Congregations, then, can begin to understand their financial situation when they encourage one another, Curtis explained, “to godly living and confidence in Christ.
Another concern? Identifying and caring for inactive members, visible in small communities but absent from the life of the local congregation. “Are those who are absent from worship hurting?” asked the Rev. Dr. Lee Hagan, pastor of St. Paul’s Lutheran Church, Concordia, Mo. “Every one of them is. … And when one member of the body hurts, the entire body hurts.”
Reminding attendees that it’s a congregation and pastor’s privilege to care for those inactive members, Hagan encouraged, “Preach the Word. Administer the Sacraments. Care for the flock. But show concern for each part of the body of Christ, not just those who are present but those who have strayed for whatever reason.”
One of those reasons might also include same-sex attraction. The Rev. Gary Zieroth, a member of the Synod’s “God’s Gift of Sexuality” task force, reminded pastors and laypeople alike that “if we as Christians, as Lutherans, believe that the Gospel is the power of God unto salvation, we believe change is possible.”
Encouraging care for those who struggle, Zieroth noted that the Church has the unique blessing of “reminding that person of their baptismal identity in Christ.”
“The media and the homosexual community want to deny that people can change,” he said, “but the Gospel has the power to do that.”
Ultimately, reaching out with the forgiving and comforting Gospel of Christ in rural settings can be a challenge, but the Rev. Dr. Dale Meyer, president of Concordia Seminary, St. Louis, encouraged attendees to see their setting as a blessing.
“Did you know that around 60 percent of the people in our rural and small-town communities are unchurched?” Meyer asked. “While we sometimes think of the mission field as ‘over there,’ there is a big mission field right outside our door.”
The Church is Christ’s
Spending time with other pastors and laypeople who live, work and care for one another in rural settings is a good practice, said the Rev. Andy Kennell, pastor of Our Redeemer Lutheran Church, Staplehurt, Neb. (population: 242).
“It reminds me that people who live in the community and who have lived there for a long time and … been disconnected from Jesus — that it’s important to continue to meet them with the Good News,” he said. “In rural and small-town mission work, you get into patterns. And they’re long patterns, going back generations — from children, to parents, to grandparents, who have all been disconnected from the Church.”
“Conferences like this remind us that if God can break and hinder every plan and purpose of the devil, He can break the sinful generational patterns of people who have been away. Our God is gracious and compassionate, slow to anger and abounding in love,” Kennell explained. “The Gospel is the power of God to save all who believe, and God is able to do immeasurably more than all we ask or imagine. That’s what’s fun to talk about and to share and to be a part of.”

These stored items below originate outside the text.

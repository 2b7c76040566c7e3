//! The faults that end a call before anything is run.

ghost use Rattle.std.specs.Prelude.{◌≡◌, ◌++◌, OnOk, IfOk};
ghost use Rattle.ds_report.specs.Fault.{place_text, lexical_text, parse_text, fault_text};
ghost use Rattle.ds_report.specs.Fault.{local_line, global_line, large_line, shape_text};
ghost use Rattle.ds_report.specs.Fault.{instruction_line, inner_line, wrong_type_line, kind_text, count_line};
ghost use Rattle.ds_report.specs.Fault.{check_text};

use crate::text::{push, push_function, push_number};
use ds_ast::{List, Name};
use ds_check::{CountKind, TypeFault};
use ds_grammar::ParseFault;
use ds_lex::LexFault;
use ds_print::{push_global, push_local};
use ds_shape::ShapeFault;
use std::alloc::{AllocError, Global};

/// What was refused, in the order in which it is looked for.
#[derive(Debug, Drop)]
pub enum Fault {
    /// The words are no job's.
    Usage,
    /// The input could not be read to its end.
    Read,
    /// The input has more than 8,388,608 bytes.
    TooLong,
    /// The input spells no module. Want of memory is no such fault: it is told by the status of the call alone, and
    /// has no line.
    Parse(ParseFault),
    /// The module has no layout. Want of memory has no line here either.
    Shape(ShapeFault),
    /// The module has a layout, and is not accepted. The names are those of all functions of the module in the order
    /// of the text, of which the fault tells numbers. Want of memory has no line here either.
    Check(TypeFault, List<Name>),
}

/// The line that tells a fault, with its line feed. Want of memory has none.
pub fn fault_line(alloc: Global, fault: &Fault) -> Result<Vec<u8>, AllocError>
    ensures { IfOk result (λ line. line.items ≡ fault_text fault.now) }
{
    let mut line = Vec::new(alloc);
    match fault {
        Fault::Usage => push(&mut line, b"error: usage\n")?,
        Fault::Read => push(&mut line, b"error: read failed\n")?,
        Fault::TooLong => push(&mut line, b"error: input longer than 8388608 bytes\n")?,
        Fault::Parse(fault) => push_parse_fault(&mut line, fault)?,
        Fault::Shape(fault) => push_shape_fault(&mut line, fault)?,
        Fault::Check(fault, names) => push_type_fault(&mut line, names.as_slice(), fault)?,
    }
    Ok(line)
}

/// Adds the line that tells why a text gives no module.
fn push_parse_fault(line: &mut Vec<u8>, fault: &ParseFault) -> Result<(), AllocError>
    ensures { OnOk result (line.new.items ≡ line.old.items ++ parse_text fault.now) }
{
    match fault {
        ParseFault::Lex(fault) => push_lexical_fault(line, fault),
        ParseFault::Expected { at } => push_place(line, b"syntax", *at),
        ParseFault::Unsupported { at } => push_place(line, b"unsupported", *at),
        ParseFault::Range { at } => push_place(line, b"out of range", *at),
        ParseFault::DeepType { at } => push_place(line, b"type too deep", *at),
        ParseFault::Memory => Ok(()),
    }
}

/// Adds the line that tells a lexical fault.
fn push_lexical_fault(line: &mut Vec<u8>, fault: &LexFault) -> Result<(), AllocError>
    ensures { OnOk result (line.new.items ≡ line.old.items ++ lexical_text fault.now) }
{
    match fault {
        LexFault::BadByte { at } => push_place(line, b"bad byte", *at),
        LexFault::BadName { at } => push_place(line, b"bad name", *at),
        LexFault::BadNumber { at } => push_place(line, b"bad number", *at),
        LexFault::OpenText { at } => push_place(line, b"open text", *at),
        LexFault::Memory => Ok(()),
    }
}

/// Adds the line that tells what stands at a place of the text.
fn push_place(line: &mut Vec<u8>, what: &[u8], at: u32) -> Result<(), AllocError>
    ensures { OnOk result (line.new.items ≡ line.old.items ++ place_text what.now at) }
{
    push(line, b"error: ")?;
    push(line, what)?;
    push(line, b" at ")?;
    push_number(line, at)?;
    push(line, b"\n")?;
    Ok(())
}

/// Adds the line that tells why a module has no layout.
fn push_shape_fault(line: &mut Vec<u8>, fault: &ShapeFault) -> Result<(), AllocError>
    ensures { OnOk result (line.new.items ≡ line.old.items ++ shape_text fault.now) }
{
    match fault {
        ShapeFault::TwiceType { name } => push_local_line(line, b"twice", name),
        ShapeFault::Unknown { name } => push_local_line(line, b"unknown type", name),
        ShapeFault::RecursiveType { name } => push_local_line(line, b"recursive type", name),
        ShapeFault::TooLarge { name, is_struct } => push_large_line(line, *is_struct, name),
        ShapeFault::Memory => Ok(()),
    }
}

/// Adds the line that tells who writes a type that is too large.
fn push_large_line(line: &mut Vec<u8>, is_struct: bool, name: &Name) -> Result<(), AllocError>
    ensures { OnOk result (line.new.items ≡ line.old.items ++ large_line is_struct name.now) }
{
    if is_struct {
        push_local_line(line, b"too large", name)
    } else {
        push_global_line(line, b"too large", name)
    }
}

/// Adds the line that tells what is wrong with a struct type.
fn push_local_line(line: &mut Vec<u8>, what: &[u8], name: &Name) -> Result<(), AllocError>
    ensures { OnOk result (line.new.items ≡ line.old.items ++ local_line what.now name.now) }
{
    push(line, b"error: ")?;
    push(line, what)?;
    push(line, b" ")?;
    push_local(line, name)?;
    push(line, b"\n")?;
    Ok(())
}

/// Adds the line that tells what is wrong with a global or a function.
fn push_global_line(line: &mut Vec<u8>, what: &[u8], name: &Name) -> Result<(), AllocError>
    ensures { OnOk result (line.new.items ≡ line.old.items ++ global_line what.now name.now) }
{
    push(line, b"error: ")?;
    push(line, what)?;
    push(line, b" ")?;
    push_global(line, name)?;
    push(line, b"\n")?;
    Ok(())
}

/// Adds the line that tells why a module with a layout is not accepted.
fn push_type_fault(line: &mut Vec<u8>, names: &[Name], fault: &TypeFault) -> Result<(), AllocError>
    ensures { OnOk result (line.new.items ≡ line.old.items ++ check_text names.now fault.now) }
{
    match fault {
        TypeFault::Twice { name } => push_global_line(line, b"twice", name),
        TypeFault::TooMany { what, limit } => push_count_line(line, *what, *limit),
        TypeFault::BadExternal { name } => push_global_line(line, b"bad external", name),
        TypeFault::TwiceLocal { f, name } => push_inner_line(line, names, b"twice", *f, name),
        TypeFault::BadBlock { f, i } => push_instruction_line(line, names, b"bad block", *f, *i),
        TypeFault::Undefined { f, i } => push_instruction_line(line, names, b"undefined", *f, *i),
        TypeFault::WrongType { f, i } => push_wrong_type_line(line, names, *f, *i),
        TypeFault::BadPhi { f, i } => push_instruction_line(line, names, b"bad phi", *f, *i),
        TypeFault::NotDominating { f, i } => push_instruction_line(
            line,
            names,
            b"not defined on every path",
            *f,
            *i,
        ),
        TypeFault::NoMain => push(line, b"error: no main\n"),
        TypeFault::Memory => Ok(()),
    }
}

/// Adds the line that tells what there are too many of, and how many there may be.
fn push_count_line(line: &mut Vec<u8>, what: CountKind, limit: u32) -> Result<(), AllocError>
    ensures { OnOk result (line.new.items ≡ line.old.items ++ count_line what limit) }
{
    push(line, b"error: too many ")?;
    push_kind(line, what)?;
    push(line, b", limit ")?;
    push_number(line, limit)?;
    push(line, b"\n")?;
    Ok(())
}

/// Adds what there are too many of.
fn push_kind(line: &mut Vec<u8>, what: CountKind) -> Result<(), AllocError>
    ensures { OnOk result (line.new.items ≡ line.old.items ++ kind_text what) }
{
    match what {
        CountKind::Functions => push(line, b"functions"),
        CountKind::Instructions => push(line, b"instructions"),
        CountKind::Params => push(line, b"parameters"),
        CountKind::GlobalWords => push(line, b"global words"),
    }
}

/// Adds the line that tells what is wrong with a parameter, label or result of a function.
fn push_inner_line(
    line: &mut Vec<u8>,
    names: &[Name],
    what: &[u8],
    f: u32,
    name: &Name,
) -> Result<(), AllocError>
    ensures { OnOk result (line.new.items ≡ line.old.items ++ inner_line names.now what.now f name.now) }
{
    push(line, b"error: ")?;
    push(line, what)?;
    push(line, b" ")?;
    push_local(line, name)?;
    push_function(line, names, f)?;
    push(line, b"\n")?;
    Ok(())
}

/// Adds the line that tells which instruction, or that a global, breaks the rule of its types.
fn push_wrong_type_line(
    line: &mut Vec<u8>,
    names: &[Name],
    f: u32,
    i: u32,
) -> Result<(), AllocError>
    ensures { OnOk result (line.new.items ≡ line.old.items ++ wrong_type_line names.now f i) }
{
    if f == 4_294_967_295 && i == 4_294_967_295 {
        push(line, b"error: wrong type in a global\n")
    } else {
        push_instruction_line(line, names, b"wrong type", f, i)
    }
}

/// Adds the line that tells what is wrong with an instruction.
fn push_instruction_line(
    line: &mut Vec<u8>,
    names: &[Name],
    what: &[u8],
    f: u32,
    i: u32,
) -> Result<(), AllocError>
    ensures { OnOk result (line.new.items ≡ line.old.items ++ instruction_line names.now what.now f i) }
{
    push(line, b"error: ")?;
    push(line, what)?;
    push_function(line, names, f)?;
    push(line, b" instruction ")?;
    push_number(line, i)?;
    push(line, b"\n")?;
    Ok(())
}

And Kennell isn’t alone. “The Church, in the end, is Christ’s,” noted Rast, paraphrasing C.F.W. Walther, “and He is the head. And all the parts of the body, both large and small, are necessary for the well-functioning of the body.”
“The small church … is as much the Church in its fullness as the big church,” he told the crowd. “The size is not the point. The point is that is where Christ is.”
So how does the LCMS respond to all those rural and small-town blessings and challenges?
Be “agile. Nimble. But above all, be committed to Christ and His work through Word and Sacrament in whatever community we find ourselves,” Rast said. “That’s the bottom line.”
Adriane Heins is managing editor of The Lutheran Witness.